BEGIN Dataset entries

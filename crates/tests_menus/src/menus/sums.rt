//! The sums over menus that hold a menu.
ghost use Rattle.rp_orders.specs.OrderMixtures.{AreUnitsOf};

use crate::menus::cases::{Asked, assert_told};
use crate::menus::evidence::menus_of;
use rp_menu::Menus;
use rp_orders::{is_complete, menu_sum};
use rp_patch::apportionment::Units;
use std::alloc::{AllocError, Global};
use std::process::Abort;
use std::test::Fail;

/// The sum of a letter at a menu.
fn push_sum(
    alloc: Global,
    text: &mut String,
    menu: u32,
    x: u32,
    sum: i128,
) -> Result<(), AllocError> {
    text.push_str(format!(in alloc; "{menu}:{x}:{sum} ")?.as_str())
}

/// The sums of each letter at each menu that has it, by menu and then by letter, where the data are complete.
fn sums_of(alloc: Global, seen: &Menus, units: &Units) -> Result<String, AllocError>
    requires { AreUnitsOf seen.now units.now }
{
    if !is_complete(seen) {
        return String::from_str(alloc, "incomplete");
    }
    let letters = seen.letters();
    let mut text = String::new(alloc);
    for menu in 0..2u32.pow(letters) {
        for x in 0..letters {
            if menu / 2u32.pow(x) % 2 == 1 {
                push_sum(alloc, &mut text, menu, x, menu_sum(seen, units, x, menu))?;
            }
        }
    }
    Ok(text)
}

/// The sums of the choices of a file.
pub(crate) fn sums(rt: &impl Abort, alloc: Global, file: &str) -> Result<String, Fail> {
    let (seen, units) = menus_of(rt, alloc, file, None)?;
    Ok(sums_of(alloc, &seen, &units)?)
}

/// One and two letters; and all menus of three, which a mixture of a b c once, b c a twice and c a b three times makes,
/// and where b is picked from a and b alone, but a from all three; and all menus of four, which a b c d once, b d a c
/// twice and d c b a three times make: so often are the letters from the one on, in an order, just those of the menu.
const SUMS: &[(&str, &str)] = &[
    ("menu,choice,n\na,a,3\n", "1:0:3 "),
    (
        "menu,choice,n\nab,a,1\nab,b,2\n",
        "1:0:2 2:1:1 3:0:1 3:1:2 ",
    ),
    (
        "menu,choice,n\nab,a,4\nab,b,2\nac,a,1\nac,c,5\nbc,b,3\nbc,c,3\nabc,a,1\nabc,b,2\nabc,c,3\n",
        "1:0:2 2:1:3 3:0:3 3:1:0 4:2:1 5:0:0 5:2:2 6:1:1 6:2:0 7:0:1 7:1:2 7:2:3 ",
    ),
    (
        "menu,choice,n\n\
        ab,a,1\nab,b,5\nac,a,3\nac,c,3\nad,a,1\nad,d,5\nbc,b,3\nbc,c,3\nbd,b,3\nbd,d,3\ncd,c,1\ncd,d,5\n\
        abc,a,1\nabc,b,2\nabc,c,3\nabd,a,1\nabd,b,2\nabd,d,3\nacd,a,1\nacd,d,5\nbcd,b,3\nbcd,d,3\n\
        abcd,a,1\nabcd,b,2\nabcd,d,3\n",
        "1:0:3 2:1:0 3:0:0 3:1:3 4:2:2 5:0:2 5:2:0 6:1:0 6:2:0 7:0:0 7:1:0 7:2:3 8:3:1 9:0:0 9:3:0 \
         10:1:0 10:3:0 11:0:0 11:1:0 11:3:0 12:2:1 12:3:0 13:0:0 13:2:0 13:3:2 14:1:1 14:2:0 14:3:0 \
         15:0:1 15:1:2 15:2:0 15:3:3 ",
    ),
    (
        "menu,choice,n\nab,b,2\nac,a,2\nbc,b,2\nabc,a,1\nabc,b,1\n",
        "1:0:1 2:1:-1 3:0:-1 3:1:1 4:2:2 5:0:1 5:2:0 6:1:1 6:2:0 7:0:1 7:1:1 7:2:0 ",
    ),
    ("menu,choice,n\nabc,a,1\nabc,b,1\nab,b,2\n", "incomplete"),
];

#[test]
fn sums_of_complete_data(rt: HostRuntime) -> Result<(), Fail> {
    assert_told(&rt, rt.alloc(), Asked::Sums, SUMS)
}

END Dataset entries
BEGIN Dataset entries

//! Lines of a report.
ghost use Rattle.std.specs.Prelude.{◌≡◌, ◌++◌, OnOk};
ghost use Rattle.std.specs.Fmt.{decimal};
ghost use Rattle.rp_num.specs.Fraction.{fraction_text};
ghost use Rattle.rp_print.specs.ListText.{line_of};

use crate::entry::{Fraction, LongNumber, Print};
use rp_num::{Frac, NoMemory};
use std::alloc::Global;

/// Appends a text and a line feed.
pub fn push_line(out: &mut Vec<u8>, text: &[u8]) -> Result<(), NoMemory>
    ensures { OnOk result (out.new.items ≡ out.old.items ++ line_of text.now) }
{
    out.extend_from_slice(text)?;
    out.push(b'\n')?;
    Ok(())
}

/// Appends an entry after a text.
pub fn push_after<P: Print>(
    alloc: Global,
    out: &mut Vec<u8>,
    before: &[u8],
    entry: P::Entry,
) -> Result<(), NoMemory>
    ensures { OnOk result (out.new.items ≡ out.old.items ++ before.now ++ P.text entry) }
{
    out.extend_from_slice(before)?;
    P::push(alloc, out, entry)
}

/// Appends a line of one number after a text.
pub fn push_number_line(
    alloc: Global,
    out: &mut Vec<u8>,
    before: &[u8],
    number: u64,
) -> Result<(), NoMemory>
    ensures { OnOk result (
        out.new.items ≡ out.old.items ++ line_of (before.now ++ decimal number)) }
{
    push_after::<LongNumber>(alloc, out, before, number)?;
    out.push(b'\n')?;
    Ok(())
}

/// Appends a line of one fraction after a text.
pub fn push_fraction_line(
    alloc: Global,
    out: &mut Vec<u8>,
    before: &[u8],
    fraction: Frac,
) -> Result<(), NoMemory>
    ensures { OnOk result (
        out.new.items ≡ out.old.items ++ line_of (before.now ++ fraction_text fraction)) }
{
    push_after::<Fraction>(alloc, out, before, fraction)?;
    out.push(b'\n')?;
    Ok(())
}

END Dataset entries
BEGIN Dataset entries

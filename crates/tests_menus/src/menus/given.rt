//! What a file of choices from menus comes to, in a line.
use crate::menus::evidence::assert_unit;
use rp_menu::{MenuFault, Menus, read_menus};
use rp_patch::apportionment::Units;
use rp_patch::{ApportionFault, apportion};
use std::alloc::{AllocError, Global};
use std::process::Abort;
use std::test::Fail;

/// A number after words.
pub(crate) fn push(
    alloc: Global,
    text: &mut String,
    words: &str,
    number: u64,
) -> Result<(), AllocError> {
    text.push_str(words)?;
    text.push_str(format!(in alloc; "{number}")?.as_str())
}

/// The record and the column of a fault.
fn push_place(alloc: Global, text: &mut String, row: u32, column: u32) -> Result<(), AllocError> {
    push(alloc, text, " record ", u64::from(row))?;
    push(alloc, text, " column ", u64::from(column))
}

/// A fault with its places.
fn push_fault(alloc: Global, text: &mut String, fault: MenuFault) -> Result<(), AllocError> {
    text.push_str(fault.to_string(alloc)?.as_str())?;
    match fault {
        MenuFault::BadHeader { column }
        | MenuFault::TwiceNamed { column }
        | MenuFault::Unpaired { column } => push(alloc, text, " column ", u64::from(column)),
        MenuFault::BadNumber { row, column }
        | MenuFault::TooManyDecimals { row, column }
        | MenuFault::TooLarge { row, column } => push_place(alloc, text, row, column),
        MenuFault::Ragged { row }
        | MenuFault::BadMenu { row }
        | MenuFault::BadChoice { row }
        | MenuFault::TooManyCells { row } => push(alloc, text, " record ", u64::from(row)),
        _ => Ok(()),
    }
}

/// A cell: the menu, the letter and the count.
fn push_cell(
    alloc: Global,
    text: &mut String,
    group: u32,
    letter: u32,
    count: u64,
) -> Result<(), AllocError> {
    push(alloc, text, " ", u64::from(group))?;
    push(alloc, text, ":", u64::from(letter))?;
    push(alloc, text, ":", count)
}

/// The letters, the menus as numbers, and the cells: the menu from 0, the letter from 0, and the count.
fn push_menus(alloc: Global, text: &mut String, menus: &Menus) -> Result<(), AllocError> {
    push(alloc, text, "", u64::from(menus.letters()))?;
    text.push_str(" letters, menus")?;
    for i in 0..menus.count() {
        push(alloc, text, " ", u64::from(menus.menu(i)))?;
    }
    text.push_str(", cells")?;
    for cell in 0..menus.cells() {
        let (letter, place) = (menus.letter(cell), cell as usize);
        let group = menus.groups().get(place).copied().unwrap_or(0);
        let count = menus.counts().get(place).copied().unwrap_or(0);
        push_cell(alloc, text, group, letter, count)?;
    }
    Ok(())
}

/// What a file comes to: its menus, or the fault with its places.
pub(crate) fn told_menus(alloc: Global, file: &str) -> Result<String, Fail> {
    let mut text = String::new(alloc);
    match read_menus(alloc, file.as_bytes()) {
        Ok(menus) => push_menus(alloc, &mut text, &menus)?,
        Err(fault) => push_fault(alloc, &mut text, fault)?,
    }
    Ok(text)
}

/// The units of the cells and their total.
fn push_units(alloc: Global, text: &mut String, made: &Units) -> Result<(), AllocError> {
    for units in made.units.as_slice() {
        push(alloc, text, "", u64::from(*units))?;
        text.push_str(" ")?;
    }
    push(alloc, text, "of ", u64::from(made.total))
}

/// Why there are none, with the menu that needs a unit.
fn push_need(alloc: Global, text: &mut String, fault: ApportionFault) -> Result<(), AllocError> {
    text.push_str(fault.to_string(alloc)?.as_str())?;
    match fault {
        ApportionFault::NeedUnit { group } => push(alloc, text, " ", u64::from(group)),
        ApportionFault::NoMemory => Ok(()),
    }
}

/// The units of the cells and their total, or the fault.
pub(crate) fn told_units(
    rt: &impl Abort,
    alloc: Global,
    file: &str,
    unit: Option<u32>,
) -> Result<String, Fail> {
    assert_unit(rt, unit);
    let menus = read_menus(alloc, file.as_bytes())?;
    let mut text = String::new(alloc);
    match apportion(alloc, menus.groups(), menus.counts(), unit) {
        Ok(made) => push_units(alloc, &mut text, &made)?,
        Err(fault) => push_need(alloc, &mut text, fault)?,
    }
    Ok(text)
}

END Dataset entries

**What needs to be done:** Identify every line above with the string "LongNumber" in it. Copy those lines.

**Reply:**
use crate::entry::{Fraction, LongNumber, Print};
    push_after::<LongNumber>(alloc, out, before, number)?;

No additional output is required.